Abstract

Delta virus related chronic hepatitis is difficult to treat. The response to alpha-interferon (IFN), which still represents the only therapy for chronic hepatitis D, varies widely and occurs at different times from the beginning of treatment. The rate of response is proportional to the dose of IFN, with 9 million units (MU) three times a week being more effective than 3 MU thrice weekly. Sustained responses are unusual and are accompanied by the clearance of serum hepatitis B virus surface antigen (HBsAg), seroconversion to anti-HBs and improvement of liver histology. Although disease of a short-standing may respond better to therapy, clear predictors of response are still unidentified. Besides IFN, other therapeutic approaches such as immunosuppressive drugs, acyclovir, ribavirin and thymosin, have been unhelpful. Available evidence does not support the use of deoxynucleotide analogues. Famciclovir has no effect on disease activity and hepatitis D virus (HDV)-RNA levels. Twelve- or 24-month lamivudine treatment does not significantly affect biochemical, virological or histological parameters.
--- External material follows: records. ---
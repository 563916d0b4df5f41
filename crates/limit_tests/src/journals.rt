//! The longest journal.
use journal::{Entry, Journal};
use std::test::Fail;

#[test]
fn a_journal_takes_100_000_entries(rt: HostRuntime) -> Result<(), Fail> {
    let mut journal = Journal::new(rt.alloc());
    for slot in 0..100_000 {
        let turn = Entry::Turn {
            slot,
            a_on: true,
            b_on: Some(true),
        };
        assert!(rt; journal.push(turn).is_ok(), "{slot}");
    }
    assert_eq!(rt; journal.len(), 100_000);
    Ok(())
}
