//! Calls of `pair` over files in memory, and what they must leave.
use outside::{MemFiles, MemSink};
use program::run_words;
use std::alloc::{AllocError, Global};
use std::process::Abort;

/// The first three lines of a schedule.
const SIDES: &str = "ble-schedule 1
side a c0ffee00000a 71764129 0000000000000001
side b c0ffee00000b 71764129 0000000000000002
";

/// The streams of two hosts, the turn lines of the schedule, and the name of the first file.
#[derive(Clone, Copy)]
pub(crate) struct Run<'a> {
    pub(crate) name: &'a str,
    pub(crate) a: &'a [u8],
    pub(crate) b: &'a [u8],
    pub(crate) turns: &'a str,
}

/// The files of a run.
fn files_of(alloc: Global, run: Run<'_>) -> Result<MemFiles, AllocError> {
    let mut schedule = String::from_str(alloc, SIDES)?;
    schedule.push_str(run.turns)?;
    let mut files = MemFiles::new(alloc);
    files.hold(run.name, run.a)?;
    files.hold("b", run.b)?;
    files.hold("schedule", schedule.as_bytes())?;
    Ok(files)
}

/// The words of `pair` over those files.
fn words_of(alloc: Global, name: &str) -> Result<Vec<String>, AllocError> {
    let mut words = Vec::new(alloc);
    for word in ["pair", name, "b", "schedule"] {
        words.push(String::from_str(alloc, word)?)?;
    }
    Ok(words)
}

/// What a call left.
#[derive(Drop)]
struct Ending {
    status: u8,
    out: MemSink,
    err: MemSink,
}

/// Makes the run over these files.
fn call(alloc: Global, words: &Vec<String>, files: &mut MemFiles) -> Ending {
    let mut out = MemSink::new(alloc);
    let mut err = MemSink::new(alloc);
    let status = run_words(alloc, words, files, &mut out, &mut err);
    Ending { status, out, err }
}

/// Makes the run.
fn ending_of(alloc: Global, run: Run<'_>) -> Result<Ending, AllocError> {
    let mut files = files_of(alloc, run)?;
    let words = words_of(alloc, run.name)?;
    Ok(call(alloc, &words, &mut files))
}

/// Makes the run, and compares its status, its journal and its error line.
pub(crate) fn check_run(
    rt: &impl Abort,
    alloc: Global,
    run: Run<'_>,
    (status, journal, line): (u8, &str, &str),
) -> Result<(), AllocError> {
    let ending = ending_of(alloc, run)?;
    assert_eq!(rt; ending.err.octets(), line.as_bytes());
    assert_eq!(rt; ending.out.octets(), journal.as_bytes());
    assert_eq!(rt; ending.status, status);
    Ok(())
}
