//! Tests at the limits: the most of each thing is taken, and one more is refused with the fault for
//! that, and not with out of memory.
#![tactic(auto)]

#[cfg(test)]
mod banks;
#[cfg(test)]
mod calls;
#[cfg(test)]
mod controllers;
#[cfg(test)]
mod journals;
#[cfg(test)]
mod runs;
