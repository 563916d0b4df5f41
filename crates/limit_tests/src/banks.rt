//! Pools and banks with the most places.
use acl_banks::{Piece, RxBank, TxBank};
use arrayvec::ArrayVec;
use cell_pool::CellPool;
use std::alloc::AllocError;
use std::process::Abort;
use std::test::Fail;

#[test]
fn a_pool_of_64_cells_takes_64_values(rt: HostRuntime) -> Result<(), Fail> {
    let mut pool: CellPool<u8, 64> = CellPool::make(rt.alloc())?;
    for value in 0..64 {
        assert!(rt; pool.put(value).is_ok(), "{value}");
    }
    assert!(rt; pool.put(64).is_err());
    assert_eq!(rt; pool.held(), 64);
    Ok(())
}

#[test]
fn a_bank_of_255_buffers_takes_255_packets(rt: HostRuntime) -> Result<(), Fail> {
    let mut bank: TxBank<255> = TxBank::make(rt.alloc())?;
    for packet in 0..255u8 {
        assert!(rt; bank.offer(1, true, &[packet]).is_ok(), "{packet}");
    }
    assert!(rt; bank.offer(1, true, &[255]).is_err());
    Ok(())
}

/// A bank of 255 places keeps this piece 255 times, and not once more.
fn fill(rt: &impl Abort, bank: &mut RxBank<255>, piece: &Piece) {
    for place in 0..255u8 {
        assert!(rt; bank.keep(1, piece).is_ok(), "{place}");
    }
    assert!(rt; bank.keep(1, piece).is_err());
    assert!(rt; !bank.room());
}

#[test]
fn a_bank_of_255_places_takes_255_pieces(rt: HostRuntime) -> Result<(), AllocError> {
    let mut bank: RxBank<255> = RxBank::make(rt.alloc())?;
    let piece = Piece {
        start: true,
        body: ArrayVec::new(),
    };
    fill(&rt, &mut bank, &piece);
    Ok(())
}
Pegylated-IFN could represent a reasonable therapeutic option in the long-term treatment required for chronic hepatitis D. Antisense oligonucleotides and prenylation inhibitors hold promise as therapeutic agents of the future. Liver transplantation provides a valid option for end-stage HDV liver disease; the risk of re-infection is lower for HDV than for HBV under long-term administration of hyperimmune serum against HBsAg. Molecularly tailored drugs capable of interfering with crucial viral replicative processes of HDV appear to be the best prospect in the treatment of hepatitis D.